Marion’s role in the women’s suffrage movement

Aug 10, 2020

On Aug. 18, it will have been 100 years since the ratification of the 19th Amendment, giving women the right to vote. However, women weren’t “given” the right to vote, they campaigned for over 50 years for equality and the right to vote. The 19th Amendment declared “the right of citizens of the United States to vote shall not be denied or abridged by the United States or by any state on account of sex.”

On June 24 and 25, 1915, the Sippican Woman’s Club hosted the State Federation of Women’s Clubs for their annual meeting and to vote on women’s suffrage. Over 400 women, from around the state gathered in Marion for two days, it was their annual meeting and an opportunity to add their voice to the suffrage movement.

The General Federation of Women’s Clubs was founded in 1890. It was an important vehicle for women to gather consensus among themselves, on political issues, such as suffrage. The Federation had a notable record of activity on issues of historical importance. In a time when women’s rights were limited the State Federation chapters held grass roots efforts to make sure the woman’s voice was heard.

By the turn of the century, women had abandoned the hope of a Federal decree, and they had begun a state by state ratification campaign. By 1910, 11 states, all in the west, had given women the right to vote. Still, since southern and eastern states resisted, the suffragettes decided that a “blitz campaign” to mobilize state and local organizations was needed. As of 1914, only 17 of the state federations had voted to support suffrage, even though it ha been affirmed that suffrage had become a mainstream cause for middle-class women from every part of the country.

The question has always been, “why would members of the Federation of Women’s Club vote not to give women the right to vote?” In 1915, the woman’s suffrage movement was not universally popular. There were almost as many women against the suffrage movement as there were suffragettes. They opined that a woman should be first and foremost the homemaker, caring for children, husband and home. They also believed that women would be best in a bipartisan role, impartial, no opinion, protecting themselves from the sordid world of politics.

These women were called “anti-suffragettes,” or “antis” for short. The New York Times editorialized that “giving the vote to women is repugnant.” Mrs. Grover Cleveland, a famous Marion summer visitor, wrote, “men’s and women’s roles had been assigned long ago by a higher intelligence.”

So, women from around the state took trains, (and had to transfer from Tremont in Wareham to Marion Depot), stayed at the Sippican Hotel for $4 a night, and convened at the First Congregational Church in Marion to participate in a two day conference. Both sides of the suffrage movement were ready to fight for their cause. Newspaper articles of the event, state that
the “antis” were upset when they saw a suffrage ribbon tied to a decorative palm in the church.

With 400 or more women, it was “standing room only.” The first day was amicable, being that they only dealt with usual annual club issues.
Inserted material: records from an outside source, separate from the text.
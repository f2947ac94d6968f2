//! Literals, words with a meaning of their own, and prefix operators.
ghost use Rattle.std.specs.Prelude.{◌≡◌, ◌≢◌, false, true, All, IsTrue, map};
ghost use Rattle.base_token.specs.OperatorKinds.{assign_op_kind, binary_op_kind};
ghost use Rattle.grammar_spec.specs.Tokens.Input.{kind, kind2, lo, first_span, span};
ghost use Rattle.tree_nodes.specs.Fits.{fits_expr_or_spread, fits_member_prop};
ghost use Rattle.tree_nodes.specs.Placed.{holds_expr, inner};
ghost use Rattle.tree_nodes.specs.View.{unary_op_word, update_op_word};
ghost use Rattle.grammar_spec.specs.Reader.Expressions as reads;
ghost use Rattle.parse_state.specs.Answers.{going_on};
ghost use Rattle.parse_state.specs.Codes.{code_of};
ghost use Rattle.parse_state.specs.Cursors.{stream_of};
ghost use Rattle.parse_state.specs.Reads.{at_hand, ReadsAs, Shorter, NotLonger};
ghost use Rattle.parse_operands.specs.Lists.{arguments_of, elements_of, FitArguments, FitElements};
ghost use Rattle.parse_operands.specs.Operands.{tree_of};
ghost use Rattle.parse_operands.specs.Rules.{ReadsBy};
ghost use Rattle.parse_expressions.specs.Words.{fixed_word};

use base_token::{BytePos, Error, Span, SyntaxError, Token};
use parse_operands::elements::{arguments, elements};
use parse_operands::names::computed;
use parse_operands::{Nested, Operand, literals, made};
use parse_state::operators::{ASSIGNMENT, EXPRESSION, MEMBER, UNARY};
use parse_state::{Around, Failure, Parser, Tokens, kinds};
use std::convert::AsStr;
use tree_nodes::{IdentName, SuperProp, UnaryOp, UpdateOp};

/// A literal.
#[inline(never)]
#[tactic(auto, unfolding(grammar_spec::specs::Reader::Expressions::literal_by, parse_state::specs::Cursors::stream_of))]
pub fn literal<'a, I: Tokens<'a> + Drop, N: Nested<'a, I>>(
    p: &mut Parser<'a, I>,
    _nested: &N,
) -> Result<Operand, Failure>
    requires ready { N.ready _nested.now }
    ensures value { ReadsBy I.machine I.state (N.reads _nested.now) p.old p.new result
        tree_of (λ m r. reads.literal_by m r) }
    ensures shorter { Shorter I.machine I.state p.old p.new result }
{
    let span = p.place();
    let fault = p.unexpected();
    if !p.is_literal() {
        return Err(fault);
    }
    let Some(token) = p.take()? else {
        return Err(fault);
    };
    match token.into_token() {
        Token::Str { units, raw } => literals::str_lit(p.alloc, span, units, raw),
        Token::Num { value, raw } => literals::number_lit(p.alloc, span, value, raw),
        Token::BigInt { radix, digits, raw } => {
            literals::big_int_lit(p.alloc, span, radix, digits.as_str(), raw)
        }
        Token::Regex(exp, flags) => literals::regex_lit(p.alloc, span, exp, flags),
        _ => Err(fault),
    }
}

/// Takes a word that is a word of the grammar here, for its place.
#[tactic(auto, unfolding(crate::specs::Words::fixed_word))]
pub fn fixed<'a, I: Tokens<'a> + Drop>(p: &mut Parser<'a, I>, code: Around) -> Result<Span, Failure>
    requires { kind (at_hand I.machine I.state p.old) ≢ 0 }
    ensures value { ReadsAs I.machine I.state p.old p.new result
        (λ x. x) (λ m. fixed_word m (code_of code)) }
    ensures shorter { Shorter I.machine I.state p.old p.new result }
{
    let start = p.lo();
    p.eat_word(code, p.kind())?;
    Ok(p.since(start))
}

/// An operator that stands before its operand.
#[inline(never)]
#[tactic(auto, unfolding(grammar_spec::specs::Reader::Expressions::unary_by))]
pub fn unary<'a, I: Tokens<'a> + Drop, N: Nested<'a, I>>(
    p: &mut Parser<'a, I>,
    nested: &N,
    code: Around,
    op: UnaryOp,
) -> Result<Operand, Failure>
    requires ready { N.ready nested.now }
    requires op { unary_op_word op ≡ kind (at_hand I.machine I.state p.old) }
    requires some { kind (at_hand I.machine I.state p.old) ≢ 0 }
    ensures value { ReadsBy I.machine I.state (N.reads nested.now) p.old p.new result
        tree_of (λ m r. reads.unary_by m r (code_of code)) }
    ensures shorter { Shorter I.machine I.state p.old p.new result }
{
    let start = p.lo();
    p.eat_word(code, p.kind())?;
    let arg = nested.expr(p, code, UNARY)?;
    made::unary_expr(p.alloc, p.since(start), op, arg)
}

/// `++` or `--` before its operand.
#[inline(never)]
#[tactic(auto, unfolding(grammar_spec::specs::Reader::Expressions::update_by))]
pub fn update<'a, I: Tokens<'a> + Drop, N: Nested<'a, I>>(
    p: &mut Parser<'a, I>,
    nested: &N,
    code: Around,
    op: UpdateOp,
) -> Result<Operand, Failure>
    requires ready { N.ready nested.now }
    requires op { update_op_word op ≡ kind (at_hand I.machine I.state p.old) }
    ensures value { ReadsBy I.machine I.state (N.reads nested.now) p.old p.new result
        tree_of (λ m r. reads.update_by m r (code_of code)) }
    ensures shorter { Shorter I.machine I.state p.old p.new result }
{
    let start = p.lo();
    p.bump()?;
    let arg = nested.expr(p, code, UNARY)?;
    made::prefix_expr(p.alloc, p.since(start), op, arg)
}

/// `await` with its operand.
#[inline(never)]
#[tactic(auto, unfolding(grammar_spec::specs::Reader::Expressions::await_by))]
pub fn awaited<'a, I: Tokens<'a> + Drop, N: Nested<'a, I>>(
    p: &mut Parser<'a, I>,
    nested: &N,
    code: Around,
) -> Result<Operand, Failure>
    requires ready { N.ready nested.now }
    ensures value { ReadsBy I.machine I.state (N.reads nested.now) p.old p.new result
        tree_of (λ m r. reads.await_by m r (code_of code)) }
    ensures shorter { Shorter I.machine I.state p.old p.new result }
{
    let start = p.lo();
    p.eat_word(code, kinds::AWAIT)?;
    let arg = nested.expr(p, code, UNARY)?;
    made::await_expr(p.alloc, p.since(start), arg)
}

/// Whether a kind ends an expression, so that no operand starts with it.
pub fn ends_yield<'a, I: Tokens<'a> + Drop, N: Nested<'a, I>>(
    _p: &Parser<'a, I>,
    _nested: &N,
    kind: u8,
) -> bool
    ensures { result ≡ reads.ends_yield (stream_of I.machine) (N.reads _nested.now I.State I.machine) kind }
{
    matches!(
        kind,
        kinds::END
            | kinds::RIGHT_PAREN
            | kinds::RIGHT_BRACKET
            | kinds::RIGHT_BRACE
            | kinds::COMMA
            | kinds::SEMICOLON
            | kinds::COLON
            | kinds::IN
    )
}

/// What follows `yield`.
#[inline(never)]
#[tactic(auto, unfolding(grammar_spec::specs::Reader::Expressions::yield_end))]
pub fn yield_end<'a, I: Tokens<'a> + Drop, N: Nested<'a, I>>(
    p: &mut Parser<'a, I>,
    nested: &N,
    code: Around,
    start: BytePos,
) -> Result<Operand, Failure>
    requires ready { N.ready nested.now }
    ensures value { ReadsBy I.machine I.state (N.reads nested.now) p.old p.new result
        tree_of (λ m r. reads.yield_end m r (code_of code) start.0) }
    ensures not_longer { NotLonger I.machine I.state p.old p.new result }
{
    if p.breaks() || ends_yield(p, nested, p.kind()) {
        return made::bare_yield(p.alloc, p.since(start));
    }
    if p.eat(kinds::MUL)? {
        let arg = nested.expr(p, code, ASSIGNMENT)?;
        return made::yield_expr(p.alloc, p.since(start), arg, true);
    }
    let arg = nested.expr(p, code, ASSIGNMENT)?;
    made::yield_expr(p.alloc, p.since(start), arg, false)
}

/// An array, from its bracket on.
#[inline(never)]
#[tactic(auto, using(parse_operands::proofs::Packs::packs), unfolding(grammar_spec::specs::Reader::Expressions::array_by))]
pub fn array<'a, I: Tokens<'a> + Drop, N: Nested<'a, I>>(
    p: &mut Parser<'a, I>,
    nested: &N,
    code: Around,
) -> Result<Operand, Failure>
    requires ready { N.ready nested.now }
    ensures value { ReadsBy I.machine I.state (N.reads nested.now) p.old p.new result
        tree_of (λ m r. reads.array_by m r (code_of code)) }
    ensures shorter { Shorter I.machine I.state p.old p.new result }
{
    let start = p.lo();
    p.bump()?;
    let list = elements(p, nested, code)?;
    let span = p.since(start);
    if list.comma && list.rest {
        p.note(start.0)?;
    }
    made::array_lit(p.alloc, span, list.items)
}

/// The callee of `new`.
#[inline(never)]
#[tactic(auto, unfolding(grammar_spec::specs::Reader::Expressions::callee_by))]
pub fn callee<'a, I: Tokens<'a> + Drop, N: Nested<'a, I>>(
    p: &mut Parser<'a, I>,
    nested: &N,
    code: Around,
) -> Result<Operand, Failure>
    requires ready { N.ready nested.now }
    ensures value { ReadsBy I.machine I.state (N.reads nested.now) p.old p.new result
        tree_of (λ m r. reads.callee_by m r (code_of code)) }
    ensures shorter { Shorter I.machine I.state p.old p.new result }
{
    if p.at(kinds::ASYNC) {
        let (second, _) = p.second()?;
        if second == kinds::LEFT_PAREN {
            let span = p.place();
            let sym = p.name(code)?;
            return made::name(p.alloc, span, sym);
        }
    }
    nested.expr(p, code, MEMBER)
}

/// What follows `super`.
#[inline(never)]
#[tactic(auto, using(parse_operands::proofs::Packs::packs), unfolding(grammar_spec::specs::Reader::Expressions::super_end))]
pub fn super_end<'a, I: Tokens<'a> + Drop, N: Nested<'a, I>>(
    p: &mut Parser<'a, I>,
    nested: &N,
    code: Around,
    place: Span,
) -> Result<Operand, Failure>
    requires ready { N.ready nested.now }
    ensures value { ReadsBy I.machine I.state (N.reads nested.now) p.old p.new result
        tree_of (λ m r. reads.super_end m r (code_of code) place) }
    ensures shorter { Shorter I.machine I.state p.old p.new result }
{
    if p.eat(kinds::LEFT_PAREN)? {
        let args = arguments(p, nested, code)?;
        return made::super_call(p.alloc, p.since(place.lo), place, args);
    }
    if p.at(kinds::LEFT_BRACKET) {
        let key = computed(p, nested, code, EXPRESSION)?;
        return made::super_prop_expr(p.alloc, p.since(place.lo), place, SuperProp::Computed(key));
    }
    p.expect(kinds::DOT)?;
    let span = p.place();
    let private = p.at(kinds::HASH);
    let sym = match p.any_word() {
        Ok(sym) => sym,
        Err(Failure::Syntax(_)) if private => {
            let kind = SyntaxError::InvalidSuperPrivateName;
            return Err(Failure::Syntax(Error { span, kind }));
        }
        Err(failure) => return Err(failure),
    };
    made::super_prop_expr(
        p.alloc,
        p.since(place.lo),
        place,
        SuperProp::Ident(IdentName { span, sym }),
    )
}

/// `yield`, with its operand or without.
#[inline(never)]
#[tactic(auto, unfolding(grammar_spec::specs::Reader::Expressions::yield_by))]
pub fn yielded<'a, I: Tokens<'a> + Drop, N: Nested<'a, I>>(
    p: &mut Parser<'a, I>,
    nested: &N,
    code: Around,
) -> Result<Operand, Failure>
    requires ready { N.ready nested.now }
    ensures value { ReadsBy I.machine I.state (N.reads nested.now) p.old p.new result
        tree_of (λ m r. reads.yield_by m r (code_of code)) }
    ensures shorter { Shorter I.machine I.state p.old p.new result }
{
    let start = p.lo();
    p.eat_word(code, kinds::YIELD)?;
    yield_end(p, nested, code, start)
}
That evening there was a reception at the Sippican Hotel and a production of “Midsummer Night’s Dream.”

On the second day it was written in a newspaper account, “an undercurrent of excitement over the pending question of woman suffrage prevailed. Anti-suffrage and suffrage leaders were marshaling their forces for the test of strength which is expected to come when the suffrage question is brought before the convention for the adoption of resolutions.”

In the face of such division, the president of the State Federation began the session by stating, “let us maintain unity in diversity. Let us not be broken by factions. Let us keep the peace in the organization we have always enjoyed.”
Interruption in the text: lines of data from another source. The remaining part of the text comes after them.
//! The loop over the operators behind an operand.
ghost use Rattle.std.specs.Prelude.{◌≡◌, ◌≢◌, false, true, ◌<◌, All, IfOk, IsTrue, map};
ghost use Rattle.base_token.specs.Kinds.{question_mark_kind};
ghost use Rattle.base_token.specs.OperatorKinds.{assign_op_kind, binary_op_kind};
ghost use Rattle.grammar_spec.specs.Tokens.Input.{kind, kind2, lo};
ghost use Rattle.tree_nodes.specs.Fits.{fits_expr_or_spread, fits_member_prop};
ghost use Rattle.tree_nodes.specs.Placed.{holds_expr, inner};
ghost use Rattle.tree_nodes.specs.View.{update_op_word};
ghost use Rattle.grammar_spec.specs.Reader.Expressions as reads;
ghost use Rattle.parse_state.specs.Answers.{IsSyntax, going_on};
ghost use Rattle.parse_state.specs.Codes.{code_of};
ghost use Rattle.parse_state.specs.Reads.{at_hand, to_come, ReadsAs, Shorter, NotLonger};
ghost use Rattle.parse_operands.specs.Lists.{arguments_of, elements_of, FitArguments, FitElements};
ghost use Rattle.parse_operands.specs.Operands.{tree_of};
ghost use Rattle.parse_operands.specs.Rules.{ReadsBy};
ghost use Rattle.parse_expressions.specs.Steps.{postfix_by, question_by, sequence_by};

use crate::operators::{assignment, binary, call, chain, conditional, index, member};
use crate::sequences;
use crate::templates::tagged;
use base_token::BytePos;
use parse_operands::operators::{assign_op, binary_op, update_op};
use parse_operands::{Held, Nested, Operand, made};
use parse_state::operators::{ASSIGNMENT, CALL, COALESCE, MEMBER, NEW_LEVEL};
use parse_state::{Around, Failure, Parser, Tokens, kinds};
use tree_nodes::UpdateOp;

/// A comma and one more expression.
#[inline(never)]
pub fn sequence<'a, I: Tokens<'a> + Drop, N: Nested<'a, I>>(
    p: &mut Parser<'a, I>,
    nested: &N,
    code: Around,
    start: BytePos,
    left: Operand,
) -> Result<Operand, Failure>
    requires ready { N.ready nested.now }
    ensures value { ReadsBy I.machine I.state (N.reads nested.now) p.old p.new result
        tree_of (λ m r. sequence_by m r (code_of code) start.0 (tree_of left)) }
    ensures shorter { Shorter I.machine I.state p.old p.new result }
{
    let left = Held { value: left };
    p.bump()?;
    let right = nested.expr(p, code, ASSIGNMENT)?;
    sequences::seq_expr(p.alloc, p.since(start), left.take(), right)
}

/// A `?`: of a chain where a dot follows, else of a conditional.
#[inline(never)]
pub fn question<'a, I: Tokens<'a> + Drop, N: Nested<'a, I>>(
    p: &mut Parser<'a, I>,
    nested: &N,
    code: Around,
    start: BytePos,
    left: Operand,
) -> Result<Operand, Failure>
    requires ready { N.ready nested.now }
    requires mark { kind (at_hand I.machine I.state p.old) ≡ question_mark_kind }
    ensures value { ReadsBy I.machine I.state (N.reads nested.now) p.old p.new result
        tree_of (λ m r. question_by m r (code_of code) start.0 (tree_of left)) }
    ensures shorter { Shorter I.machine I.state p.old p.new result }
{
    let left = Held { value: left };
    let (second, _) = p.second()?;
    if second != kinds::DOT {
        if left.value.level < COALESCE {
            return Err(p.unexpected());
        }
        return conditional(p, nested, code, start, left.take());
    }
    if left.value.level < CALL {
        return Err(p.unexpected());
    }
    p.bump()?;
    p.bump()?;
    chain(p, nested, code, start, left.take())
}

/// `++` or `--` behind its operand.
#[inline(never)]
pub fn postfix<'a, I: Tokens<'a> + Drop>(
    p: &mut Parser<'a, I>,
    start: BytePos,
    op: UpdateOp,
    left: Operand,
) -> Result<Operand, Failure>
    requires mark { update_op_word op ≡ kind (at_hand I.machine I.state p.old) }
    requires some { kind (at_hand I.machine I.state p.old) ≢ 0 }
    ensures value { ReadsAs I.machine I.state p.old p.new result
        tree_of (λ m. postfix_by m start.0 (tree_of left)) }
    ensures shorter { Shorter I.machine I.state p.old p.new result }
{
    if left.level < NEW_LEVEL {
        return Err(p.unexpected());
    }
    if p.breaks() {
        return Err(p.unexpected());
    }
    p.bump()?;
    made::postfix_expr(p.alloc, p.since(start), op, left)
}

/// What is wrong with the token that comes, behind what was read, which is let go here.
#[inline(never)]
fn refused<'a, I: Tokens<'a> + Drop>(p: &Parser<'a, I>, _left: Operand) -> Failure
    ensures { IsSyntax result }
{
    p.unexpected()
}

/// One operator behind what was read.
#[inline(never)]
#[tactic(auto, unfolding(grammar_spec::specs::Reader::Expressions::step_by))]
pub fn step<'a, I: Tokens<'a> + Drop, N: Nested<'a, I>>(
    p: &mut Parser<'a, I>,
    nested: &N,
    code: Around,
    start: BytePos,
    left: Operand,
) -> Result<Operand, Failure>
    requires ready { N.ready nested.now }
    ensures value { ReadsBy I.machine I.state (N.reads nested.now) p.old p.new result
        tree_of (λ m r. reads.step_by m r (code_of code) start.0 (tree_of left)) }
    ensures shorter { Shorter I.machine I.state p.old p.new result }
{
    let kind = p.kind();
    if kind == kinds::END {
        return Err(refused(p, left));
    }
    if kind == kinds::COMMA {
        return sequence(p, nested, code, start, left);
    }
    if let Some(op) = assign_op(kind) {
        return assignment(p, nested, code, start, op, left);
    }
    if kind == kinds::QUESTION_MARK {
        return question(p, nested, code, start, left);
    }
    if let Some(op) = binary_op(code, kind) {
        if !made::fits_left(kind, &left) {
            return Err(refused(p, left));
        }
        return binary(p, nested, code, start, op, left);
    }
    if let Some(op) = update_op(kind) {
        return postfix(p, start, op, left);
    }
    if left.level < CALL {
        return Err(refused(p, left));
    }
    match kind {
        kinds::LEFT_PAREN => call(p, nested, code, start, left),
        kinds::LEFT_BRACKET => index(p, nested, code, start, left),
        kinds::DOT => member(p, nested, code, start, left),
        kinds::BACK_QUOTE if !made::is_chain(&left) => tagged(p, nested, code, start, left),
        _ => Err(refused(p, left)),
    }
}

/// One operator behind what was read, if it binds as tightly as asked. Whether there was one.
#[inline(always)]
#[tactic(auto, unfolding(grammar_spec::specs::Reader::Expressions::loop_step))]
pub fn turn<'a, I: Tokens<'a> + Drop, N: Nested<'a, I>>(
    p: &mut Parser<'a, I>,
    nested: &N,
    code: Around,
    least: u8,
    start: BytePos,
    left: Operand,
) -> Result<(bool, Operand), Failure>
    requires ready { N.ready nested.now }
    ensures value { ReadsBy I.machine I.state (N.reads nested.now) p.old p.new result
        (λ x. going_on x.0 (tree_of x.1))
        (λ m r. reads.loop_step m r (code_of code) least start.0 (tree_of left)) }
    ensures shorter { IfOk result (λ x. IsTrue x.0 → to_come I.machine I.state p.new
        < to_come I.machine I.state p.old) }
    ensures not_longer { NotLonger I.machine I.state p.old p.new result }
{
    let left = Held { value: left };
    let level = p.goes(code, left.value.end)?;
    if level < least {
        return Ok((false, left.take()));
    }
    let found = step(p, nested, code, start, left.take())?;
    Ok((true, found))
}

/// All operators behind an operand that bind as tightly as asked.
#[inline(never)]
#[tactic(auto, using(parse_state::proofs::Iterate::iterates), unfolding(grammar_spec::specs::Reader::Expressions::loop_by))]
pub fn operators<'a, I: Tokens<'a> + Drop, N: Nested<'a, I>>(
    p: &mut Parser<'a, I>,
    nested: &N,
    code: Around,
    least: u8,
    start: BytePos,
    first: Operand,
) -> Result<Operand, Failure>
    requires ready { N.ready nested.now }
    ensures value { ReadsBy I.machine I.state (N.reads nested.now) p.old p.new result
        tree_of (λ m r. reads.loop_by m r (code_of code) least start.0 (tree_of first)) }
    ensures not_longer { NotLonger I.machine I.state p.old p.new result }
{
    if first.level < least {
        if first.level == NEW_LEVEL && least == MEMBER {
            return Ok(first);
        }
        return Err(refused(p, first));
    }
    let mut left = first;
    'turns: loop {
        let (more, found) = turn(p, nested, code, least, start, left)?;
        left = found;
        if !more {
            return Ok(left);
        }
    }
}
A vote was taken, 203 to 99 in favor of ratification of Massachusetts’ referendum to grant suffrage to women in the November ballot.
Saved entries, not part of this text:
//! The rules of expressions: literals and prefixes, `new`, templates, operators, members and calls, and the loop over what
//! follows an operand.
#![tactic(auto)]

pub mod news;
pub mod operators;
pub mod prefixes;
pub mod sequences;
pub mod templates;
pub mod turns;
But, in November, the referendum failed. The strong political machine did not want an electorate it didn’t know. New York had the same referendum, and that lost also.

It took five more years of continued pressure, with rallies, political polling, jailing, and hunger strikes. However, it was World War I, when women picked up the gauntlet to drive ambulances, die at the front lines while nursing the wounded, and worked assembly lines to continue production of the country’s needs, that women finally were finally given citizenship, namely the vote.